Los matasietes del «coronel» llegaron cuando comenzaba la noche, se echaron atrevidamente unos aguardientes a la garganta en el bar mal frecuentado de Toinho «Cara de carnero», rezongaron amenazas y partieron hacia la casa de Chiquita. Los amantes disfrutaban sus juegos de amor en el lecho pagado por el «coronel», apasionados y confiados, sonriendo el uno para el otro, felices.

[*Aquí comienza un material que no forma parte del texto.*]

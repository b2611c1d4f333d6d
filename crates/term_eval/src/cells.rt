// The memory of all conditions, and the calls that step one.
ghost use Rattle.std.specs.Prelude.{◌≡◌, ◌≢◌, ◌⊎◌, ℕ, suc, ◌+◌, ◌-◌, ◌^◌, ◌<◌, ◌≤◌, Bool, true, false, min, length, slice_get, slice_index, IfOk};
ghost use Rattle.ecam_spec.specs.Book.{Tree};
ghost use Rattle.ecam_spec.specs.Term.{World, holds};
ghost use Rattle.ecam_spec.specs.TermSize.{slots, nodes};
ghost use Rattle.ecam_spec.specs.TermNames.{IsWithin};
ghost use Rattle.term_tree.specs.View.{tree_of};
ghost use Rattle.term_eval.specs.CellWords.{cell_at};
ghost use Rattle.term_eval.specs.CellState.{Stand, StandForNone};
ghost use Rattle.term_eval.specs.Due.{staying, IsDue};
ghost use Rattle.term_eval.specs.Shown.{Shows};
ghost use Rattle.term_eval.specs.Code.{code, IsReady};
ghost use Rattle.term_eval.specs.Climb.{step_at};
ghost use Rattle.term_eval.specs.Links.{link_from};
ghost use Rattle.term_eval.specs.Linked.{AreLinked, AreOwned, CanRun};
ghost use Rattle.term_eval.specs.NodeState.{state_at, also, NodesWait, NodesStand, Within, first_wake};
ghost use Rattle.term_eval.specs.Asked.{heard, Asks, AreAtoms};
ghost use Rattle.term_eval.specs.Reading.{Reads, atom_says};
ghost use Rattle.term_eval.specs.declared.reading.Reading.{Reading};
ghost use Rattle.term_eval.specs.Woken.{moved, Operand};

use crate::begin::ask_all;
use crate::climb::climb;
use crate::code::Step;
use crate::env::Env;
use crate::link::Link;
use crate::nodes::{NodeState, unasked};
use crate::owner::Owner;
use crate::run::pass;
use crate::slot::{Slot, empty, forget, own};
use crate::turn::Turn;
use crate::walk::step;
use std::alloc::{AllocError, Global};
use std::boxed::BoxedSlice;
use std::marker::Model;
use term_tree::Cond;

/// What conditions remember from moment to moment: a state of two bytes for each node, in the order of their codes, and 32
/// bytes for each slot, whatever the bound of its node and the length of the history. It can't grow after it was made.
#[derive(Drop)]
pub struct Cells {
    pub(crate) states: BoxedSlice<NodeState>,
    pub(crate) slots: BoxedSlice<Slot>,
    visits: u64,
}

impl Model for Cells {
    ghost use Rattle.std.specs.Box.{boxed_slice_items};
    ghost use Rattle.term_eval.specs.Memory.{Memory};
    ghost use Rattle.term_eval.specs.Slots.{wakes_of, cells_of, owners_of};

    ghost Value = { Memory };

    ghost view = { λ c. record {
      slots = cells_of (boxed_slice_items c.slots);
      visits = c.visits;
      nodes = record {
        states = boxed_slice_items c.states;
        wakes = wakes_of (boxed_slice_items c.slots);
      };
      owners = owners_of (boxed_slice_items c.slots);
    } };
}
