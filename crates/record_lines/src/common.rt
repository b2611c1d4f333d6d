// The lines of which a record has most: a Tick, and a word on a bus of one digit. They are known without a look for
// their line feed.
ghost use Rattle.std.specs.Prelude.{◌≡◌, ℕ, true, ◌+◌, ◌*◌, ◌^◌, ◌≤◌, [], ◌∷◌, map, IfSome};
ghost use Rattle.ecam_spec.specs.declared.kinds.Event.TheVariants.{Tick};
ghost use Rattle.ecam_spec.specs.Places.{below};
ghost use Rattle.ecam_spec.specs.RecordLine.{bits_of};
ghost use Rattle.record_lines.specs.Line.{worth, IsCommon};

use crate::line::digit_value;
use ecam_kinds::Event;

// More than all digits of a word are worth.
const NO_DIGIT: u64 = 0x1_0000_0000;

// What each byte is worth as a hexadecimal digit at a place that is worth `$p`; where it is none, `$n`.
macro_rules! digits {
    ($p:expr, $n:expr) => {
        [
            $n, $n, $n, $n, $n, $n, $n, $n, $n, $n, $n, $n, $n, $n, $n, $n,
            $n, $n, $n, $n, $n, $n, $n, $n, $n, $n, $n, $n, $n, $n, $n, $n,
            $n, $n, $n, $n, $n, $n, $n, $n, $n, $n, $n, $n, $n, $n, $n, $n,
            0 * $p, 1 * $p, 2 * $p, 3 * $p, 4 * $p, 5 * $p, 6 * $p, 7 * $p, 8 * $p, 9 * $p, $n, $n, $n, $n, $n, $n,
            $n, 10 * $p, 11 * $p, 12 * $p, 13 * $p, 14 * $p, 15 * $p, $n, $n, $n, $n, $n, $n, $n, $n, $n,
            $n, $n, $n, $n, $n, $n, $n, $n, $n, $n, $n, $n, $n, $n, $n, $n,
            $n, 10 * $p, 11 * $p, 12 * $p, 13 * $p, 14 * $p, 15 * $p, $n, $n, $n, $n, $n, $n, $n, $n, $n,
            $n, $n, $n, $n, $n, $n, $n, $n, $n, $n, $n, $n, $n, $n, $n, $n,
            $n, $n, $n, $n, $n, $n, $n, $n, $n, $n, $n, $n, $n, $n, $n, $n,
            $n, $n, $n, $n, $n, $n, $n, $n, $n, $n, $n, $n, $n, $n, $n, $n,
            $n, $n, $n, $n, $n, $n, $n, $n, $n, $n, $n, $n, $n, $n, $n, $n,
            $n, $n, $n, $n, $n, $n, $n, $n, $n, $n, $n, $n, $n, $n, $n, $n,
            $n, $n, $n, $n, $n, $n, $n, $n, $n, $n, $n, $n, $n, $n, $n, $n,
            $n, $n, $n, $n, $n, $n, $n, $n, $n, $n, $n, $n, $n, $n, $n, $n,
            $n, $n, $n, $n, $n, $n, $n, $n, $n, $n, $n, $n, $n, $n, $n, $n,
            $n, $n, $n, $n, $n, $n, $n, $n, $n, $n, $n, $n, $n, $n, $n, $n,
        ]
    };
}

// The tables of the four last places, in one, so that the address of one is known where they are looked up.
const PLACES: [[u64; 256]; 4] = [
    digits!(1, NO_DIGIT),
    digits!(16, 16 * NO_DIGIT),
    digits!(256, 256 * NO_DIGIT),
    digits!(4096, 4096 * NO_DIGIT),
];

// What a hexadecimal digit is worth at a place, by the table of that place.
fn worth_in(table: &[u64; 256], digit: u8) -> u64
    ensures { (place : ℕ) → table.now ≡ map (λ d. place * worth d) (below 256)
        → result ≡ place * worth digit }
{
    table[usize::from(digit)]
}

// What a hexadecimal digit is worth at the last place, and 2^32 for any other byte; and at the places before it so many
// times as much.
fn first(digit: u8) -> u64
    ensures value { result ≡ worth digit }
    ensures bound { result ≤ 2 ^ 32 }
{
    worth_in(&PLACES[0], digit)
}

fn second(digit: u8) -> u64
    ensures value { result ≡ 16 * worth digit }
    ensures bound { result ≤ 16 * 2 ^ 32 }
{
    worth_in(&PLACES[1], digit)
}

fn third(digit: u8) -> u64
    ensures value { result ≡ 256 * worth digit }
    ensures bound { result ≤ 256 * 2 ^ 32 }
{
    worth_in(&PLACES[2], digit)
}

fn fourth(digit: u8) -> u64
    ensures value { result ≡ 4096 * worth digit }
    ensures bound { result ≤ 4096 * 2 ^ 32 }
{
    worth_in(&PLACES[3], digit)
}

// What four bytes are worth together, highest first.
fn four(a: u8, b: u8, c: u8, d: u8) -> u64
    ensures value { result ≡ 4096 * worth a + 256 * worth b + 16 * worth c + worth d }
    ensures bound { result ≤ 4369 * 2 ^ 32 }
{
    fourth(a) + third(b) + second(c) + first(d)
}

// The bits of eight hexadecimal digits, highest first.
#[inline(always)]
fn bits(a: u8, b: u8, c: u8, d: u8, e: u8, f: u8, g: u8, h: u8) -> Option<u32>
    ensures { result ≡ bits_of (a ∷ b ∷ c ∷ d ∷ e ∷ f ∷ g ∷ h ∷ []) }
{
    let bits = 65536 * four(a, b, c, d) + four(e, f, g, h);
    if bits < NO_DIGIT {
        Some(bits as u32)
    } else {
        None
    }
}

// Whether the line that stands at the head of these bytes is a Tick, whose line feed is the second byte.
#[inline(always)]
pub(crate) fn is_tick_line(bytes: &[u8]) -> bool
    ensures { result ≡ true → IsCommon bytes.now (Tick, 1) }
{
    match bytes {
        [b'T', b'\n', ..] => true,
        _ => false,
    }
}

// The word of the line that stands at the head of these bytes, where it is one on a bus of one digit, whose line feed is
// the thirteenth byte.
#[inline(always)]
pub(crate) fn word_line(bytes: &[u8]) -> Option<Event>
    ensures { IfSome result (λ e. IsCommon bytes.now (e, 12)) }
{
    match bytes {
        [b'W', b' ', bus, b' ', a, b, c, d, e, f, g, h, b'\n', ..] => {
            let bus = digit_value(*bus)?;
            let bits = bits(*a, *b, *c, *d, *e, *f, *g, *h)?;
            Some(Event::Word { bus, bits })
        }
        _ => None,
    }
}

Los vecinos próximos oían risas y suspiros entrecortados, de vez en cuando la voz de Chiquita murmurando en un gemido, «¡ay, mi amor!». Los hombres de Coriolano entraron por el patio, los vecinos próximos y distantes oyeron nuevos rubores, y toda la calle despertó con los gritos, reuniéndose frente a la casa. Según cuentan, fue una zurra de padre y señor mío la que propinaron al joven y a su compañera, les raparon el cabello, de largas trenzas el de Chiquita y ondeado y rubio el de Juca Viana, y les dieron órdenes, en nombre del indignado «coronel», de desaparecer aquella misma noche y para siempre de Ilhéus. Juca Viana era ahora fiscal en Jequié; ni siquiera después de haberse graduado se animó a volver a Ilhéus. De Chiquita no se tuvieron más noticias. Conociendo esa historia, ¿quién habría de atreverse a trasponer, sin expresa invitación del «coronel», el umbral de la puerta de su amante? Sobre todo la pesada puerta de la casa de Gloria, la más apetitosa, la más espléndida de cuantas mancebas tuviera Coriolano. El «coronel» había envejecido, su fuerza política ya no era la misma, pero el recuerdo del ejemplo de Juca Viana y Chiquita persistía, y el propio Coriolano se encargaba de recordarlo cuando eso le parecía necesario. Recientes eran los sucesos ocurridos en el escritorio de Tonico Bastos.